Tubbs Jones says her experience as a judge and county prosecutor in Cuyahoga County, which includes Cleveland, has prepared her to succeed 15-term Rep. Louis Stokes, an ideological soul mate she calls a "mentor and close friend."

Strengthening Social Security, education and health care are among Tubbs Jones' legislative priorities. She endorses reserving budget surpluses for Social Security and will oppose raising the retirement age.

Tubbs Jones supports making day care more available and less expensive for working families and investing more money in early childhood education programs such as Head Start.

She is concerned about laws that require users of crack cocaine, who often come from racial minorities, to serve longer prison sentences than users of powdered cocaine, who are more often white. Tubbs Jones opposes mandatory sentencing, saying it "takes away, in my opinion, the need for a judge."
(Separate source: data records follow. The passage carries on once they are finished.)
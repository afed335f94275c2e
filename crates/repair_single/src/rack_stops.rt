//! Where the racks of a record stop: no deal yields those of its first events.
ghost use Rattle.std.specs.Prelude.{◌≡◌, ℕ, List, take, length, IsTrue, IfSome, IfOk};
ghost use Rattle.ref_tiles.specs.declared.rulebook.Rules.{Rules};
ghost use Rattle.game_walk.specs.Walks.{IsWalkOf};
ghost use Rattle.repair_single.specs.FirstSteps.{AreFirstSteps};
ghost use Rattle.repair_single.specs.RackStops.{NoneWith, IsStop, steps_in};

use crate::first_steps::FirstSteps;
use crate::standing::game_before;
use deal_cuts::{Cut, law_of_fronts, rules_out};
use deal_search::{Settling, settle};
use deal_steps::{Step, first_bound};
use game_deal::law_of_bounds;
use game_walk::Walk;
use gcg_read::Event;
use ref_tiles::Rules;
use std::alloc::{AllocError, Global};

/// Where the racks of a record stop.
#[derive(Drop)]
pub(crate) struct RackStop {
    /// No deal yields the racks of the first `end` events.
    pub(crate) end: usize,
    /// What proves it, if these racks exceed no bound.
    pub(crate) cut: Option<Cut>,
    /// The steps of the first events of the record.
    pub(crate) steps: Vec<Step>,
}

/// Whether steps exceed a bound, or a cut proves that no racks fit them.
pub(crate) fn have_no_deal(rules: &Rules, steps: &[Step], cut: &Option<Cut>) -> bool
    ensures { IsTrue result → NoneWith rules.now steps.now }
{
    law_of_bounds();
    law_of_fronts();
    if first_bound(rules, steps).is_some() {
        return true;
    }
    match cut {
        Some(cut) => rules_out(rules, steps, cut),
        None => false,
    }
}

/// The steps of the events that have a row.
fn walked_steps(alloc: Global, walk: &Walk, events: &[Event]) -> Result<Vec<Step>, AllocError>
    ensures { IfOk result (λ steps. (rules : Rules) (list : List (List ℕ)) → IsWalkOf rules list events.now walk.now
        → AreFirstSteps rules list events.now steps.items) }
{
    let many = walk.rows.len();
    let mut first = FirstSteps::new(alloc, many);
    for place in 0..many {
        let Some(game) = game_before(walk, place) else {
            unreachable!()
        };
        first.note(game, events, place)?;
    }
    Ok(first.steps)
}

/// The first steps that exceed a bound, by their number.
fn bound_end(rules: &Rules, steps: &[Step]) -> Option<usize> {
    for place in 0..steps.len() {
        if first_bound(rules, &steps[..place + 1]).is_some() {
            return Some(place + 1);
        }
    }
    None
}

/// Where the racks of these steps stop, as far as is known. The contract says only that it keeps the steps: `rack_stop` checks the rest.
fn likely_stop(
    alloc: Global,
    rules: &Rules,
    steps: Vec<Step>,
) -> Result<Option<RackStop>, AllocError>
    ensures { IfOk result (λ found. IfSome found (λ stop. stop.steps.items ≡ steps.items)) }
{
    if let Some(end) = bound_end(rules, steps.as_slice()) {
        let cut = None;
        return Ok(Some(RackStop { end, cut, steps }));
    }
    match settle(alloc, rules, steps.as_slice())? {
        Settling::NoDeal { cut, .. } => Ok(Some(RackStop {
            end: cut.places.len(),
            cut: Some(cut),
            steps,
        })),
        Settling::Dealt(_) | Settling::Unknown => Ok(None),
    }
}

/// Where the racks of a record stop, up to where its walk ends.
///
/// It fails only if memory runs out.
pub(crate) fn rack_stop(
    alloc: Global,
    rules: &Rules,
    walk: &Walk,
    events: &[Event],
) -> Result<Option<RackStop>, AllocError>
    ensures { IfOk result (λ found. (list : List (List ℕ)) → IsWalkOf rules.now list events.now walk.now → IsStop rules.now list events.now found) }
{
    let steps = walked_steps(alloc, walk, events)?;
    let Some(stop) = likely_stop(alloc, rules, steps)? else {
        return Ok(None);
    };
    if stop.end > stop.steps.len() {
        return Ok(None);
    }
    if !have_no_deal(rules, &stop.steps[..stop.end], &stop.cut) {
        return Ok(None);
    }
    Ok(Some(stop))
}

/// The first `many` steps of a record that are kept with its stop, to go on from there with a change. At most one step after its stop is
/// needed: that of a line that may be missing before it.
pub(crate) fn first_steps(
    alloc: Global,
    stop: &Option<RackStop>,
    many: usize,
) -> Result<FirstSteps, AllocError>
    ensures { IfOk result (λ first. first.steps.items ≡ take many (steps_in stop.now)) }
{
    match stop {
        Some(stop) => {
            let most = stop.end.saturating_add(1);
            FirstSteps::of(alloc, stop.steps.as_slice(), many, most)
        }
        None => Ok(FirstSteps::new(alloc, 0)),
    }
}

/// Whether no events that begin with these steps make a game, as far as the bounds and the proof of the record's stop show.
pub(crate) fn are_stopped(rules: &Rules, stop: &Option<RackStop>, steps: &[Step]) -> bool
    ensures { IsTrue result → NoneWith rules.now steps.now }
{
    match stop {
        Some(stop) => have_no_deal(rules, steps, &stop.cut),
        None => false,
    }
}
She will also work to bolster economic development in her district, a majority-black area taking in Cleveland's east side and some suburban territory.

Tubbs Jones is interested in serving on the Ways and Means Committee, to which freshmen rarely are assigned. She has no other specific posts in mind.

Tubbs Jones is perhaps best known for her refusal earlier this year to re-open a riveting murder case that helped spawn the popular television series "The Fugitive." Many argue that DNA evidence exonerates the late Dr. Sam Sheppard, who was convicted in 1954 of murdering his wife and served a 10-year prison term before being acquitted in a second trial.